Segment Start: Listed records

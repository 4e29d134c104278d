//! Scenes: runs written as text, one event a line. They are read, checked and reported as a whole.
//!
//! One module a concern:
//!
//! - `report` is the whole way from a file's bytes to those of its report and its records.
//! - `laws` states what the other contracts imply, such as what can still stop a report without a wrong line.
//! - `gathering` reports calls into memory, and `judge` asks whether a reporter would refuse them.
//! - `keeping` keeps the text of a scene while it is judged.
//! - `process` is what a program does with its words.
//! - `scene` is a run of the library, which owns its text.
//!
//! How lines are read and followed one by one is in the crate `scene_follower`.
#![tactic(auto)]

mod gathering;
mod judge;
mod keeping;
pub mod laws;
pub mod process;
pub mod report;
pub mod scene;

Segment End: Listed records

Exercise instructions
Your answer should consist of each line above in which "what" appears.

Output below
//! - `laws` states what the other contracts imply, such as what can still stop a report without a wrong line.
//! - `process` is what a program does with its words.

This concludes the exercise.